◆ **Brief**
With no omissions, write out every record given below.

◆ **Source information**
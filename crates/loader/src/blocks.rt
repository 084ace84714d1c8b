//! The records that end in a block of bytes.
ghost use Rattle.std.specs.Prelude.{◌≡◌, ◌<◌, ◌^◌, true, false, length, None, IfSome};
ghost use Rattle.std.specs.List.{list_any};
ghost use Rattle.loader.specs.Counting.{EndsLine, IsOneLine, ended_in, is_quote, is_unquoted, state_at, state_behind};

use crate::record_state::{RecordState, behind_plain};
use memchr::{memchr, memchr2};

/// How many records end in a block, and the state behind it.
#[derive(Clone, Copy)]
pub struct Ended {
    pub records: u32,
    pub state: RecordState,
}

/// Whether a quote is among the bytes.
fn has_quote(block: &[u8]) -> bool
    ensures { result ≡ list_any is_quote block.now }
{
    memchr(b'"', block).is_some()
}

/// The bytes behind the next line end, and whether others stand before it; none where no line end
/// is left.
fn behind_line(block: &[u8]) -> Option<(bool, &[u8])>
    ensures none { result ≡ None → IsOneLine block.now }
    ensures split { IfSome result (λ line. EndsLine block.now line.0 line.1.now) }
{
    let end = memchr2(b'\r', b'\n', block)?;
    Some((end > 0, &block[end + 1..]))
}

/// How many records end in a block without quotes: as many as there are line ends behind another
/// byte.
fn count_plain(state: RecordState, block: &[u8]) -> u32
    requires few { length block.now < 2 ^ 32 }
    requires plain { list_any is_quote block.now ≡ false }
    requires unquoted { is_unquoted (state_at state) ≡ true }
    ensures { result ≡ ended_in (state_at state) block.now }
{
    let mut within = state.is_open();
    let mut records = 0u32;
    let mut rest = block;
    while let Some((has_bytes, others)) = behind_line(rest) {
        records += u32::from(within | has_bytes);
        within = false;
        rest = others;
    }
    records
}

/// The state behind a block without quotes.
fn behind_block(state: RecordState, block: &[u8]) -> RecordState
    requires plain { list_any is_quote block.now ≡ false }
    requires unquoted { is_unquoted (state_at state) ≡ true }
    ensures { state_at result ≡ state_behind (state_at state) block.now }
{
    match block.last() {
        Some(byte) => behind_plain(*byte),
        None => state,
    }
}

/// The same of any block, byte by byte.
fn count_each(state: RecordState, block: &[u8]) -> Ended
    requires { length block.now < 2 ^ 32 }
    ensures records { result.records ≡ ended_in (state_at state) block.now }
    ensures state { state_at result.state ≡ state_behind (state_at state) block.now }
{
    let mut here = state;
    let mut records = 0u32;
    for byte in block {
        records += u32::from(here.ends_record(*byte));
        here = here.behind(*byte);
    }
    Ended {
        records,
        state: here,
    }
}

/// How many records end in a block that begins in a state.
pub fn count_block(state: RecordState, block: &[u8]) -> Ended
    requires { length block.now < 2 ^ 32 }
    ensures records { result.records ≡ ended_in (state_at state) block.now }
    ensures state { state_at result.state ≡ state_behind (state_at state) block.now }
{
    if !state.is_unquoted() || has_quote(block) {
        return count_each(state, block);
    }
    Ended {
        records: count_plain(state, block),
        state: behind_block(state, block),
    }
}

◆ **Response box**
filename crates/loader/src/blocks.rt
repository 084ace84714d1c8b
//! The records that end in a block of bytes.
ghost use Rattle.std.specs.Prelude.{◌≡◌, ◌<◌, ◌^◌, true, false, length, None, IfSome};
ghost use Rattle.std.specs.List.{list_any};
ghost use Rattle.loader.specs.Counting.{EndsLine, IsOneLine, ended_in, is_quote, is_unquoted, state_at, state_behind};

use crate::record_state::{RecordState, behind_plain};
use memchr::{memchr, memchr2};

/// How many records end in a block, and the state behind it.
#[derive(Clone, Copy)]
pub struct Ended {
    pub records: u32,
    pub state: RecordState,
}

/// Whether a quote is among the bytes.
fn has_quote(block: &[u8]) -> bool
    ensures { result ≡ list_any is_quote block.now }
{
    memchr(b'"', block).is_some()
}

/// The bytes behind the next line end, and whether others stand before it; none where no line end
/// is left.
fn behind_line(block: &[u8]) -> Option<(bool, &[u8])>
    ensures none { result ≡ None → IsOneLine block.now }
    ensures split { IfSome result (λ line. EndsLine block.now line.0 line.1.now) }
{
    let end = memchr2(b'\r', b'\n', block)?;
    Some((end > 0, &block[end + 1..]))
}

/// How many records end in a block without quotes: as many as there are line ends behind another
/// byte.
fn count_plain(state: RecordState, block: &[u8]) -> u32
    requires few { length block.now < 2 ^ 32 }
    requires plain { list_any is_quote block.now ≡ false }
    requires unquoted { is_unquoted (state_at state) ≡ true }
    ensures { result ≡ ended_in (state_at state) block.now }
{
    let mut within = state.is_open();
    let mut records = 0u32;
    let mut rest = block;
    while let Some((has_bytes, others)) = behind_line(rest) {
        records += u32::from(within | has_bytes);
        within = false;
        rest = others;
    }
    records
}

/// The state behind a block without quotes.
fn behind_block(state: RecordState, block: &[u8]) -> RecordState
    requires plain { list_any is_quote block.now ≡ false }
    requires unquoted { is_unquoted (state_at state) ≡ true }
    ensures { state_at result ≡ state_behind (state_at state) block.now }
{
    match block.last() {
        Some(byte) => behind_plain(*byte),
        None => state,
    }
}

/// The same of any block, byte by byte.
fn count_each(state: RecordState, block: &[u8]) -> Ended
    requires { length block.now < 2 ^ 32 }
    ensures records { result.records ≡ ended_in (state_at state) block.now }
    ensures state { state_at result.state ≡ state_behind (state_at state) block.now }
{
    let mut here = state;
    let mut records = 0u32;
    for byte in block {
        records += u32::from(here.ends_record(*byte));
        here = here.behind(*byte);
    }
    Ended {
        records,
        state: here,
    }
}

/// How many records end in a block that begins in a state.
pub fn count_block(state: RecordState, block: &[u8]) -> Ended
    requires { length block.now < 2 ^ 32 }
    ensures records { result.records ≡ ended_in (state_at state) block.now }
    ensures state { state_at result.state ≡ state_behind (state_at state) block.now }
{
    if !state.is_unquoted() || has_quote(block) {
        return count_each(state, block);
    }
    Ended {
        records: count_plain(state, block),
        state: behind_block(state, block),
    }
}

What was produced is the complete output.